TASK BRIEF – Copy each line of the records that holds the string "NodeClosed".
== RECORDS FOR THE TASK ==
//! The law of streams through an in proxy. These functions do nothing: their contracts are the law.

ghost use Rattle.std.specs.Prelude.{◌≡◌, List};
ghost use Rattle.rh_inproxy.specs.declared.state.InProxyConfig.{InProxyConfig};
ghost use Rattle.rh_inproxy.specs.State.{first};
ghost use Rattle.rh_inproxy.specs.Machine.{rules, first_node};
ghost use Rattle.law_moves.specs.Moves.{Move, started, all_moved, AreAllowed};
ghost use Rattle.law_moves.specs.Moving.{Event, after_events, FollowsKeeping};
ghost use Rattle.law_role_inproxy.specs.Order.{KeepsOrder};

use law_moves::roles_move_by_their_rules;
use rh_inproxy::state::InProxyRole;

/// Whatever moves an in proxy makes: all PDUs that came on its ci legs, in order of their numbers,
/// were put on the is leg or are held there; nothing was put behind IN_R1/A6, and no PDU or END
/// behind END/A2.
pub fn an_in_proxy_keeps_order()
    ensures { (config : InProxyConfig) (moves : List Move)
        → AreAllowed rules (started (first config)) moves
        → KeepsOrder config.number (all_moved rules (started (first config)) moves) }
{}

/// So it is at the node of an in proxy, whatever happens there: the moves that lead to its role
/// keep order.
pub fn events_keep_order_through_an_in_proxy()
    ensures { (config : InProxyConfig) (events : List Event)
        → FollowsKeeping rules (KeepsOrder config.number) (started (first config))
        (after_events rules (first_node config) events) }
{
    roles_move_by_their_rules::<InProxyRole>();
}
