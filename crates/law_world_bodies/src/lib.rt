//! Bodies keep to their heads: what closes no honest node as a body that is too long. Its functions
//! do nothing: their contracts are the laws.
#![tactic(auto)]

pub mod clients;
pub mod heads;
pub mod nodes;
pub mod recordings;
pub mod worlds;

pub use clients::what_a_client_puts_keeps_its_lengths;
pub use heads::heads_are_taken_by_their_lengths;
pub use nodes::{what_a_node_counts_came_behind_a_head, what_an_end_counts_came_behind_a_head};
pub use recordings::no_body_of_a_recording_is_too_long;
pub use worlds::no_change_closes_a_node_for_a_long_body;
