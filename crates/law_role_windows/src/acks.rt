//! The hops of a client, whose acknowledgements and windows pass other nodes. Its functions do
//! nothing: their contracts are the laws.

pub mod forwarders;
pub mod receivers;
pub mod windows;

pub use forwarders::{
    a_server_passes_acknowledgements_on, an_in_proxy_passes_acknowledgements_on,
    an_out_proxy_passes_acknowledgements_on,
};
pub use receivers::{
    a_client_tells_within_its_window, an_in_proxy_acknowledges_what_came,
    an_in_proxy_receives_within_its_window, an_in_proxy_tells_within_its_window,
};
pub use windows::{
    a_server_tells_what_it_was_told, an_in_proxy_tells_its_window,
    an_out_proxy_tells_what_it_was_told,
};
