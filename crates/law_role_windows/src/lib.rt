//! What each role holds within its window, and who passes acknowledgements on.
#![tactic(auto)]

pub mod acks;
pub mod holding;

pub use acks::{
    a_client_tells_within_its_window, a_server_passes_acknowledgements_on,
    a_server_tells_what_it_was_told, an_in_proxy_acknowledges_what_came,
    an_in_proxy_passes_acknowledgements_on, an_in_proxy_receives_within_its_window,
    an_in_proxy_tells_its_window, an_in_proxy_tells_within_its_window,
    an_out_proxy_passes_acknowledgements_on, an_out_proxy_tells_what_it_was_told,
};
pub use holding::{
    what_a_client_holds, what_a_server_holds, what_an_in_proxy_holds, what_an_out_proxy_holds,
};
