//! A body that is too long closes no node in a recording. This function does nothing: its contract
//! is the law.

ghost use Rattle.std.specs.Prelude.{List, ℕ};
ghost use Rattle.rh_line.specs.declared.cause.Cause.TheVariants.{BodyOver};
ghost use Rattle.rh_line.specs.declared.leg.Leg.{Leg};
ghost use Rattle.rh_record.specs.declared.answer.Answer.TheVariants.{NodeClosed};
ghost use Rattle.rh_record.specs.declared.answer.Who.{Who};
ghost use Rattle.rh_record.specs.declared.line.Line.{Line};
ghost use Rattle.law_node_history.specs.Closes.{IsOneOf};
ghost use Rattle.rh_world.specs.declared.any_world.AnyWorld.TheVariants.{Before};
ghost use Rattle.rh_world.specs.Any.{after, step};

use crate::worlds::no_change_closes_a_node_for_a_long_body;
use law_world_reports::each_close_of_a_recording_shows;
use rh_world::WorldConfig;

/// In no recording does a report tell of a node that closed with `BodyOver`: whatever a recording
/// cuts, delays, breaks and replaces, no node is sent more bytes behind a head than it told.
pub fn no_body_of_a_recording_is_too_long()
    ensures { (before : List Line) (line : Line) (node : Who) (leg : Leg) (count told : ℕ)
        → IsOneOf (NodeClosed node (BodyOver leg count told))
        (step (after Before before) line).1 → ⊥ }
{
    each_close_of_a_recording_shows();
    no_change_closes_a_node_for_a_long_body::<WorldConfig>();
}
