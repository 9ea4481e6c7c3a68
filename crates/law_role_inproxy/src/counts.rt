//! What an in proxy puts for what came. Its functions do nothing: their contracts are the laws.

ghost use Rattle.std.specs.Prelude.{List};
ghost use Rattle.rh_inproxy.specs.declared.state.InProxyConfig.{InProxyConfig};
ghost use Rattle.rh_inproxy.specs.Machine.{rules};
ghost use Rattle.rh_inproxy.specs.State.{first};
ghost use Rattle.law_moves.specs.Moves.{AreAllowed, Move, all_moved, started};
ghost use Rattle.law_role_inproxy.specs.Counted.{HappensOnce, IsLetGo, PutsForWhatCame};

/// Whatever moves an in proxy makes, allowed or not: to the server it put no more CONN/B2 than
/// CONN/B1 came on its ci legs; of each successor, and of all, no more IN_R1/A2 and IN_R2/A2 than
/// IN_R1/A1; no more IN_R1/A6 than IN_R1/A5; and of each successor, and of all, no more OUT_R1/A8
/// than OUT_R1/A7.
pub fn an_in_proxy_puts_for_what_came()
    ensures { (config : InProxyConfig) (moves : List Move)
        → PutsForWhatCame config.number (all_moved rules (started (first config)) moves) }
{}

/// Whatever moves it makes, allowed or not: CONN/B1 came at most once on its ci legs, one of
/// CONN/B3 and IN_R1/B2 at most once from the server, and IN_R1/A6 was put at most once; where it
/// was put, the handover has passed.
pub fn an_in_proxy_opens_and_hands_over_once()
    ensures { (config : InProxyConfig) (moves : List Move)
        → HappensOnce config.number (all_moved rules (started (first config)) moves) }
{}

/// IN_R1/B1 came from the server at most as often as IN_R1/A6 was put.
pub fn an_in_proxy_is_let_go_for_what_it_put()
    ensures { (config : InProxyConfig) (moves : List Move)
        → AreAllowed rules (started (first config)) moves
        → IsLetGo config.number (all_moved rules (started (first config)) moves) }
{}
===
SOLUTION TO THE EXERCISE –
ghost use Rattle.rh_record.specs.declared.answer.Answer.TheVariants.{NodeClosed};
        → IsOneOf (NodeClosed node (BodyOver leg count told))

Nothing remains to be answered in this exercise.